* About this exercise
Among the lines below, return each one that contains the word "needs".

* Material provided
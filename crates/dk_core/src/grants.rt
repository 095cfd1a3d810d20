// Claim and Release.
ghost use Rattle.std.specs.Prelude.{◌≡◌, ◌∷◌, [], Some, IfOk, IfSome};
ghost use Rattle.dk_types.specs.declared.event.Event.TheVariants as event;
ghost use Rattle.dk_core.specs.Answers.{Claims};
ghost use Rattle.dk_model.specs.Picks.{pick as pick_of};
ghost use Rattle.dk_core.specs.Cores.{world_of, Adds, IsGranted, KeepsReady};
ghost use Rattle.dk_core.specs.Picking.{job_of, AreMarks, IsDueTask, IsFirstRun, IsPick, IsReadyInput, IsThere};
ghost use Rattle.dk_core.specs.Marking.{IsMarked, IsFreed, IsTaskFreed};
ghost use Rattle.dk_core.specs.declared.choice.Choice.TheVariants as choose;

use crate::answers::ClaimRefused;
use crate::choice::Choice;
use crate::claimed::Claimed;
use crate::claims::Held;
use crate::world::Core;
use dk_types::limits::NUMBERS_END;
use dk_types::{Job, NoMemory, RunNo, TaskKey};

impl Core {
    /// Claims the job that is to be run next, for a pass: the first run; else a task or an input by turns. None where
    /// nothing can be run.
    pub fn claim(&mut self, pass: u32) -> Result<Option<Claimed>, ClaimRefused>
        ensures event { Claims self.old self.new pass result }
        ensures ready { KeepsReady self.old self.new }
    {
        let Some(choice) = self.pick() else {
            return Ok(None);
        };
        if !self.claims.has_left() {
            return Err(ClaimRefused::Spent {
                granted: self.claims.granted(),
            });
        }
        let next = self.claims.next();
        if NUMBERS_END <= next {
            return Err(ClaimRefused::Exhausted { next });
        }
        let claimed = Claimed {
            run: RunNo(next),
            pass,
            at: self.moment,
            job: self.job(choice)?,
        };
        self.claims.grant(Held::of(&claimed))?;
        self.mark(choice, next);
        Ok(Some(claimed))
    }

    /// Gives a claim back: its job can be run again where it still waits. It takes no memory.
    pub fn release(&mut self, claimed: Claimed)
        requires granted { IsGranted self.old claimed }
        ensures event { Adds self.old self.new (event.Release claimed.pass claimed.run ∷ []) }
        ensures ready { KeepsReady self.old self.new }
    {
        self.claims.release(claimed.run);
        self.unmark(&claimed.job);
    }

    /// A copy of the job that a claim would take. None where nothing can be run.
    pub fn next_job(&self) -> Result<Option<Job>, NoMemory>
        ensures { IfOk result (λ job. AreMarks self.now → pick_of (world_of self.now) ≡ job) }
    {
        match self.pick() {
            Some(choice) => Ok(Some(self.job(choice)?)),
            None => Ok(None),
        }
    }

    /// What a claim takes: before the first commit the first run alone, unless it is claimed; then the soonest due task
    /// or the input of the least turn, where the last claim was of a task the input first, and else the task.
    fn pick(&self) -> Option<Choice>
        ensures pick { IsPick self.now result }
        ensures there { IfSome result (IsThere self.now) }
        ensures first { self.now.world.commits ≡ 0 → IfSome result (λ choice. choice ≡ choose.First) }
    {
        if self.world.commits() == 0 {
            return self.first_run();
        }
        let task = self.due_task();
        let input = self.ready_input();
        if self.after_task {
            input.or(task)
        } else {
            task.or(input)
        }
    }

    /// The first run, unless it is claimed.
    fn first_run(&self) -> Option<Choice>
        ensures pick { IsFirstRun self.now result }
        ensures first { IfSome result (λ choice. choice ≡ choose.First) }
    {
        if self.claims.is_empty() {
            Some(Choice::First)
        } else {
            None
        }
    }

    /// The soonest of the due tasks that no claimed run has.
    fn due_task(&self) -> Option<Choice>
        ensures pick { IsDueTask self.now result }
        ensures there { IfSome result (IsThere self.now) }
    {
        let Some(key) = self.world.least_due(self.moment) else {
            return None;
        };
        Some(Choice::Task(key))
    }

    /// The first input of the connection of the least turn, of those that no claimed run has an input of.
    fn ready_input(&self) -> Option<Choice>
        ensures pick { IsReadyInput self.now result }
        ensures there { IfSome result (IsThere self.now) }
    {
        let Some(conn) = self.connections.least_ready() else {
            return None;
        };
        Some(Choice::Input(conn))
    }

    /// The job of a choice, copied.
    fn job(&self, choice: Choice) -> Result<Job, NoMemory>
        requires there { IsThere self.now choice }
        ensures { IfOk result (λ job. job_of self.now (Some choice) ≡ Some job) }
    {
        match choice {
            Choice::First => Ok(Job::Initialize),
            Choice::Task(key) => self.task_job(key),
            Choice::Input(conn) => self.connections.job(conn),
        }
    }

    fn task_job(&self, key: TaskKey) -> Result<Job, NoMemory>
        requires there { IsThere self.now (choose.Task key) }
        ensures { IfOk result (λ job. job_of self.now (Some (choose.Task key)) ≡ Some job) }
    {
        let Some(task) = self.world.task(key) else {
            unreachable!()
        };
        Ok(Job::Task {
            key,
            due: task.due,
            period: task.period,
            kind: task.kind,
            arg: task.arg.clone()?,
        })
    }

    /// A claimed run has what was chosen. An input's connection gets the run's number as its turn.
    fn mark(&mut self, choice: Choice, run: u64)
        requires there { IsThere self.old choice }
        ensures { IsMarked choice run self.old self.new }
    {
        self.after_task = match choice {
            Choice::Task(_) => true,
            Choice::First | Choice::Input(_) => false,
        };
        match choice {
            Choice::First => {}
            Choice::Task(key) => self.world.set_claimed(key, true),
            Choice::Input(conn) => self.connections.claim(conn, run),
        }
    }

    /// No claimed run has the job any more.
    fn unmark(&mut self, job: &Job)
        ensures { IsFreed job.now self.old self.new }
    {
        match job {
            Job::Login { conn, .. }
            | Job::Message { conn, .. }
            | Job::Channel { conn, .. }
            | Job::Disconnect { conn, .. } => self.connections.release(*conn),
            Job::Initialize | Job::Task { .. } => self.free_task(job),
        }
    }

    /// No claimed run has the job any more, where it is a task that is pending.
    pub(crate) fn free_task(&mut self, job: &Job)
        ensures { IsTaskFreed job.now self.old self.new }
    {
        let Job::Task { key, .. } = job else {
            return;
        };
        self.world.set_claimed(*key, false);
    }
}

* * *

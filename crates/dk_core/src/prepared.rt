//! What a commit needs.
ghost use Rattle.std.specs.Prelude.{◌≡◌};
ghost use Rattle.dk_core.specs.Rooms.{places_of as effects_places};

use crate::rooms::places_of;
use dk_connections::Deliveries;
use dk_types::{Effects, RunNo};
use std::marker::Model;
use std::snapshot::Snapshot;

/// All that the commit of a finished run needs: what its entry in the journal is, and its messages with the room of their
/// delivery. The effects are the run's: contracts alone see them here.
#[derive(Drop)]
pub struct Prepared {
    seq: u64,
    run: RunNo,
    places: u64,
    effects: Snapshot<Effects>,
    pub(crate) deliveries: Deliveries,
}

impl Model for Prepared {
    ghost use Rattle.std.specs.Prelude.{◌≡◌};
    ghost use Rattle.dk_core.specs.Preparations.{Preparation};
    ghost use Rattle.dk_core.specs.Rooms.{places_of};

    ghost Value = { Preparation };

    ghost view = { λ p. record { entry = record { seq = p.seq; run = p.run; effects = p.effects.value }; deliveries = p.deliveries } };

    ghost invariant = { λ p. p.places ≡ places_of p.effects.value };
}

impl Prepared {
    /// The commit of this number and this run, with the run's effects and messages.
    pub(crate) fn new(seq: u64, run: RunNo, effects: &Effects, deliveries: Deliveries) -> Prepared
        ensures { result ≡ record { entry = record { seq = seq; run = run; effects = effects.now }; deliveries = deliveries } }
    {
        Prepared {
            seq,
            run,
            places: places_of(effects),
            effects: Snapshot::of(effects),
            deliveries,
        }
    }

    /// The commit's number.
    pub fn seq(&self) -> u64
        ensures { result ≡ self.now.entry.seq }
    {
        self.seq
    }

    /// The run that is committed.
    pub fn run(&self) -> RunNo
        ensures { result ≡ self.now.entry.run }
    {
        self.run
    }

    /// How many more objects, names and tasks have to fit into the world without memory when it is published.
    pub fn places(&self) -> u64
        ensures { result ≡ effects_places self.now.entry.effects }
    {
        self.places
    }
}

* Exercise answer
//! What a commit needs.
/// All that the commit of a finished run needs: what its entry in the journal is, and its messages with the room of their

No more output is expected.